I'm currently in the process of reading Barendregt's "The Lambda Calculus - Its Syntax and Semantics" (1985 revised edition) and I've stumbled across a lemma whose proof I can't quite comprehend. The lemma (3.2.2) states that for all binary relations R on a set the following holds: $$R \vDash\lozenge\Rightarrow R^*\vDash\lozenge$$, where $\lozenge$ is the diamond property of a relation:$$R\vDash\lozenge\iff\forall M,M_1,M_2\left[(M,M_1)\in R \wedge (M,M_2)\in R \Rightarrow \exists M_3[(M_1,M_3)\in R \wedge (M_2,M_3)\in R]\right]$$, and $R^*$ is the transitive closure of $R$:$$\forall M,N[(M,N)\in R\Rightarrow(M,N)\in R^*]$$ and $$\forall M,N,L[(M,N)\in R^*\wedge(N,L)\in R^*\Rightarrow(M,L)\in R^*)].$$
The proof makes use of category theory and is simply a diagram.

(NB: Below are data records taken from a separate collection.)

/// What a node denotes that is typed stays, whatever else is stacked: a column that isn't there may become anything. A number
/// without a type may get one where it is a root, and the rule calls no node over such a number settled.
pub fn nodes_beside_other_roots()
    ensures not_typed { StaysLikeTyped (is_settled [] []) (HasSameWritten [] []) (Some 1) [] [] a_items (Literal (Int32 (pos 5)) ∷ []) (0 ∷ []) }
    ensures typed { ¬ (StaysLikeTyped (is_settled [] two_columns) (HasSameWritten [] two_columns) (Some 1) [] two_columns a_items (Literal (Int32 (pos 5)) ∷ []) []) }
    ensures number { StaysLikeTyped (is_settled [] []) (HasSameWritten [] []) (Some 1) [] [] (Literal (Int (pos 5)) ∷ []) (Literal (Int32 (pos 5)) ∷ []) (0 ∷ []) }
    ensures number_of_another_rule { ¬ (StaysLikeTyped (λ t. true) (HasSameWritten [] []) (Some 1) [] [] (Literal (Int (pos 5)) ∷ []) (Literal (Int32 (pos 5)) ∷ []) (0 ∷ [])) }
    ensures leads { ¬ (LeadsToNoNumber (is_settled [] []) (Some 1) [] [] (Literal (Int (pos 5)) ∷ []) (0 ∷ []) 0) }
    ensures without_turns { ¬ (LeadsToNoNumber (is_settled [] []) None [] [] (Literal (Int (pos 5)) ∷ []) (0 ∷ []) 1) }
    ensures no_root { LeadsToNoNumber (is_settled [] []) None [] [] (Literal (Int (pos 5)) ∷ []) [] 0 }
{}

/// Coercion is refused as an expression's typing is, or as out of memory, and over typed roots for that alone, or
/// over numbers that stand apart.
pub fn refusals_of_coercion()
    ensures no_such_column { IsCoercionRefusal (is_settled [] []) (Some 1) [] [] a_items a_items (0 ∷ []) (at_top ColumnNotFound) }
    ensures memory { IsCoercionRefusal (is_settled [] two_columns) (Some 1) [] two_columns sum_items sum_items (2 ∷ []) no_memory }
    ensures other_kind { ¬ (IsCoercionRefusal (is_settled [] []) (Some 1) [] [] a_items a_items (0 ∷ []) (at_top InvalidOperation)) }
    ensures over_a_number { ¬ (IsCoercionRefusal (is_settled [] []) (Some 1) [] [] (Literal (Int (pos 5)) ∷ []) (Literal (Int (pos 5)) ∷ []) (0 ∷ []) (at_top ColumnNotFound)) }
    ensures at_a_place { ¬ (IsCoercionRefusal (is_settled [] []) (Some 1) [] [] a_items a_items (0 ∷ []) (refused ColumnNotFound (0 ∷ []))) }
    ensures over_typed_roots { ¬ (IsCoercionRefusal (is_settled [] two_columns) (Some 1) [] two_columns sum_items sum_items (2 ∷ []) (at_top ColumnNotFound)) }
{}

/// Trees stay finite where an arena grows, and not where a node becomes its own input.
pub fn arenas_that_stay_finite()
    ensures trees { AreTrees sum_items (2 ∷ 0 ∷ []) }
    ensures no_such_node { ¬ (AreTrees sum_items (2 ∷ 3 ∷ [])) }
    ensures circle { ¬ (AreTrees (cast_of 0 dtype.Int32 ∷ []) (0 ∷ [])) }
    ensures grown { StaysFinite a_items sum_items }
    ensures becomes_a_circle { ¬ (StaysFinite a_items (cast_of 0 dtype.Int32 ∷ [])) }
    ensures taken_away { ¬ (StaysFinite a_items []) }
{}

/// What the roots don't reach stays, and what they reach afterwards they reached before, or it was added.
pub fn arenas_that_change_near_roots()
    ensures cast { StaysApart sum_items strict_items (2 ∷ []) }
    ensures root { StaysApart a_items (Column (codes "b") ∷ []) (0 ∷ []) }
    ensures no_root { ¬ (StaysApart a_items (Column (codes "b") ∷ []) []) }
    ensures new_cast { ReachesNear sum_items strict_items (2 ∷ []) }
    ensures closed { IsClosed sum_items (2 ∷ []) strict_items }
    ensures not_closed { ¬ (IsClosed (columns_and []) (0 ∷ []) (cast_of 1 dtype.Int32 ∷ Column (codes "b") ∷ [])) }
    ensures other_column { ¬ (ReachesNear (columns_and []) (cast_of 1 dtype.Int32 ∷ Column (codes "b") ∷ []) (0 ∷ [])) }
{}

/// Roots are apart where no node is reached twice, from one of them or from two.
pub fn roots_that_are_apart()
    ensures sum { AreApart sum_items (2 ∷ []) }
    ensures two_columns { AreApart sum_items (1 ∷ 0 ∷ []) }
    ensures none { AreApart [] [] }
    ensures one_operand_twice { ¬ (AreApart (columns_and (pair 0 Plus 0 ∷ [])) (2 ∷ [])) }
    ensures one_root_twice { ¬ (AreApart sum_items (0 ∷ 0 ∷ [])) }
    ensures root_and_its_input { ¬ (AreApart sum_items (2 ∷ 1 ∷ [])) }
{}

/// The sum over a cast is put in place of the sum, which has its name, type and meaning. The sum itself isn't, nor one the
/// other way round.
pub fn sums_that_are_put_in_place()
    ensures replacement { IsReplacement (IsCoercion [] two_columns) (until_settled [] two_columns) [] two_columns sum_items strict_items 2 sum }
    ensures other_name { ¬ (IsReplacement (IsCoercion [] two_columns) (until_settled [] two_columns) [] two_columns sum_items (columns_and (pair 1 Plus 3 ∷ cast_of 0 dtype.Int32 ∷ [])) 2 sum) }
    ensures placed { IsSumPlaced sum_items strict_items 2 }
    ensures unchanged { ¬ (IsSumPlaced sum_items sum_items 2) }
    ensures found { IsSumFound strict_items strict_items 2 }
    ensures found_with_more { ¬ (IsSumFound a_items sum_items 0) }
    ensures not_found { ¬ (IsSumFound sum_items sum_items 2) }
{}

/// A node that was replaced is next again, after two steps; one that was found settled is followed by its inputs.
pub fn turns_at_sums()
    ensures places { IsSumTurn sum_items strict_items 2 (7 ∷ []) (7 ∷ 2 ∷ []) 5 7 }
    ensures finds { IsSumTurn strict_items strict_items 2 (7 ∷ []) (7 ∷ 1 ∷ 3 ∷ []) 5 6 }
    ensures passed_over { ¬ (IsSumTurn sum_items sum_items 2 [] (1 ∷ 0 ∷ []) 5 6) }
    ensures input_left_out { ¬ (IsSumTurn strict_items strict_items 2 [] (3 ∷ []) 5 6) }
    ensures stopped_behind_a_cast { IsSumStopped sum_items (columns_and (pair 0 Plus 1 ∷ cast_of 0 dtype.Int32 ∷ [])) 2 }
    ensures stopped_in_place { IsSumStopped sum_items strict_items 2 }
    ensures other_item { ¬ (IsSumStopped a_items (Column (codes "b") ∷ []) 0) }
{}

/// Nodes that are made for operands lead to new nodes and to those of the operands, to none twice.
pub fn nodes_that_are_made_once()
    ensures cast { IsMadeOnce a_items (Column (codes "a") ∷ cast_of 0 dtype.Int32 ∷ []) 0 1 }
    ensures itself { IsMadeOnce sum_items sum_items 2 2 }
    ensures other_operand { ¬ (IsMadeOnce (columns_and []) (columns_and []) 0 1) }
    ensures twice { ¬ (IsMadeOnce a_items (Column (codes "a") ∷ pair 0 Plus 0 ∷ []) 0 1) }
    ensures operands { AreMadeOnce (columns_and []) (columns_and (cast_of 0 dtype.Int32 ∷ [])) (0 ∷ 1 ∷ []) (2 ∷ 1 ∷ []) }
    ensures one_for_both { ¬ (AreMadeOnce (columns_and []) (columns_and []) (0 ∷ 1 ∷ []) (0 ∷ 0 ∷ [])) }
    ensures literal { HasNewNodes a_items (Column (codes "a") ∷ Literal (Int (pos 5)) ∷ []) 1 }
    ensures over_an_old_node { ¬ (HasNewNodes a_items (Column (codes "a") ∷ cast_of 0 dtype.Int32 ∷ []) 1) }
    ensures put { IsPutOnce a_items (Column (codes "a") ∷ cast_of 0 dtype.Int32 ∷ []) 0 1 }
    ensures put_over_it_twice { ¬ (IsPutOnce a_items (Column (codes "a") ∷ pair 0 Plus 0 ∷ []) 0 1) }
    ensures no_new_node { ¬ (IsPutOnce a_items a_items 0 0) }
    ensures stays { StaysOnce sum_items strict_items 2 }
    ensures no_longer { ¬ (StaysOnce sum_items (columns_and (pair 0 Plus 0 ∷ [])) 2) }
{}

/// The loop over the sum leaves the one with a cast, settled, after six steps, and after seven where an operand is a root too.
/// It leaves no sum without the cast, and takes at most eighteen steps for each item.
pub fn what_a_loop_leaves()
    ensures one_root { ForTable 2 (None ∷ []) (λ table. LoopLeaves (is_settled [] two_columns) (IsCoercion [] two_columns) (Some 8) [] two_columns sum_items strict_items (2 ∷ []) table 0 6) }
    ensures two_roots { ForTable 2 (None ∷ []) (λ table. LoopLeaves (is_settled [] two_columns) (IsCoercion [] two_columns) (Some 8) [] two_columns sum_items strict_items (2 ∷ 0 ∷ []) table 0 7) }
    ensures too_many_steps { (table : TypeTable) → ¬ (LoopLeaves (is_settled [] two_columns) (IsCoercion [] two_columns) (Some 8) [] two_columns sum_items strict_items (2 ∷ []) table 0 73) }
    ensures one_ends { LoopEnds (is_settled [] two_columns) (IsCoercion [] two_columns) (Some 8) [] two_columns sum_items strict_items (2 ∷ []) }
    ensures two_end { LoopEnds (is_settled [] two_columns) (IsCoercion [] two_columns) (Some 8) [] two_columns sum_items strict_items (2 ∷ 0 ∷ []) }
    ensures unsettled { ¬ (LoopEnds (is_settled [] two_columns) (IsCoercion [] two_columns) (Some 8) [] two_columns sum_items sum_items (2 ∷ [])) }
    ensures kept { (table : TypeTable) → LoopKeeps (λ items table n. ⊥) (is_settled [] two_columns) [] two_columns sum_items (2 ∷ 0 ∷ []) table table }
    ensures lost { ForEntry 2 dtype.Int32 true [] (λ own. ForTable 2 (Some own ∷ []) (λ table. ForTable 2 (None ∷ []) (λ none. ¬ (LoopKeeps (λ items table n. ⊥) (is_settled [] two_columns) [] two_columns sum_items (2 ∷ []) table none)))) }
    ensures forgotten { (table none : TypeTable) → LoopKeeps (λ items table n. Unit) (is_settled [] two_columns) [] two_columns sum_items (2 ∷ []) table none }
{}

/// What is kept of types stays, or all of it is forgotten. The rule of coercion forgets it at a cast of which it is kept that
/// it takes its operand to a type that is listed.
pub fn types_that_are_forgotten()
    ensures as_they_are { ForEntry 2 dtype.Int32 true [] (λ own. ForTable 2 (Some own ∷ []) (λ table. KeepsAsTheyAre table 2)) }
    ensures listed { ForEntry 2 dtype.Int32 true (dtype.Int8 ∷ []) (λ own. ForTable 2 (Some own ∷ []) (λ table. ¬ (KeepsAsTheyAre table 2))) }
    ensures nothing { ForTable 2 (None ∷ []) (λ table. KeepsNone table) }
    ensures something { ForEntry 2 dtype.Int32 true [] (λ own. ForTable 2 (Some own ∷ []) (λ table. ¬ (KeepsNone table))) }
    ensures stays { (table : TypeTable) → ExtendsUnless ⊥ table table }
    ensures forgotten { (table : TypeTable) → ForTable 2 (None ∷ []) (λ none. ExtendsUnless Unit table none) }
    ensures lost { ForEntry 2 dtype.Int32 true [] (λ own. ForTable 2 (Some own ∷ []) (λ table. ForTable 2 (None ∷ []) (λ none. ¬ (ExtendsUnless ⊥ table none)))) }
    ensures cast { ForEntry 2 dtype.Int32 true (dtype.Int8 ∷ []) (λ own. ForTable 2 (Some own ∷ []) (λ table. ForgetsAt (columns_and (cast_of 0 dtype.Int32 ∷ [])) table 2)) }
    ensures once_typed { ForEntry 2 dtype.Int32 true (dtype.Int8 ∷ []) (λ own. ForTable 2 (Some own ∷ []) (λ table. ForTable 2 (None ∷ []) (λ none. ForgetsOnceTyped (columns_and (cast_of 0 dtype.Int32 ∷ [])) none 2))) }
    ensures strict_cast { ForEntry 2 dtype.Int32 true [] (λ own. ForTable 2 (Some own ∷ []) (λ table. ¬ (ForgetsAt (columns_and (cast_of 0 dtype.Int32 ∷ [])) table 2))) }
    ensures sum { (table : TypeTable) → ¬ (ForgetsAt sum_items table 2) }
    ensures anywhere { (table : TypeTable) → ¬ (NeverForgets (λ items table n. Unit)) }
    ensures always { NeverForgets (λ items table n. ⊥) }
{}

Trying to make sense of it, I thought the continuous lines meant the relation $R$, and the dashed lines either the application of $\lozenge$ on the relation or $R^*$, but I don't fully understand it.
What exactly does the diagram mean and how does it prove the lemma? Is there a more rigurous approach to proving this rather than a drawing?
Edit: in the (very clear) answer I received, it was pointed out to me that the diagram I couldn't understand doesn't have anything to do with category theory. I'm sorry for my lack of understanding and poor choice of words - I have striked out the observation.
There is no category theory here.
Suppose $MR^\ast M_1$ and $MR^\ast M_2$. Then $M$ is represented by the top-left corner of the diagram, and $M_1$ and $M_2$ are represented by the bottom-left and top-right corners (or the other way around). Since $R^\ast$ is the transitive closure of $R$, we have, for some $n, m \ge 1$, the relations $A_0RA_1R\cdots RA_n$ and $B_0RB_1R\cdots RB_m$, where $A_0 = B_0 = M$, $A_n = M_1$, and $B_m = M_2$.
The diagram represents the case where $n = 2$ and $m=3$. We have $A_1$ at the middle of the left side, and $B_1, B_2$ along the top. The lines between points in the diagram represent $R$.
The argument works like this. We start with just the top and left sides of the diagram. Since $R\vDash\lozenge$, we obtain an element $N$ such that $A_1RN$ and $B_1RN$. This element corresponds to the lower-right corner of the top-left square. By repeatedly applying $\lozenge$, we will eventually obtain the lower-right corner of the diagram, which is the element $M_3$ we need to establish $R^\ast\vDash\lozenge$ for these $M$, $M_1$, and $M_2$.
A more formal argument would use induction on $n$ and $m$.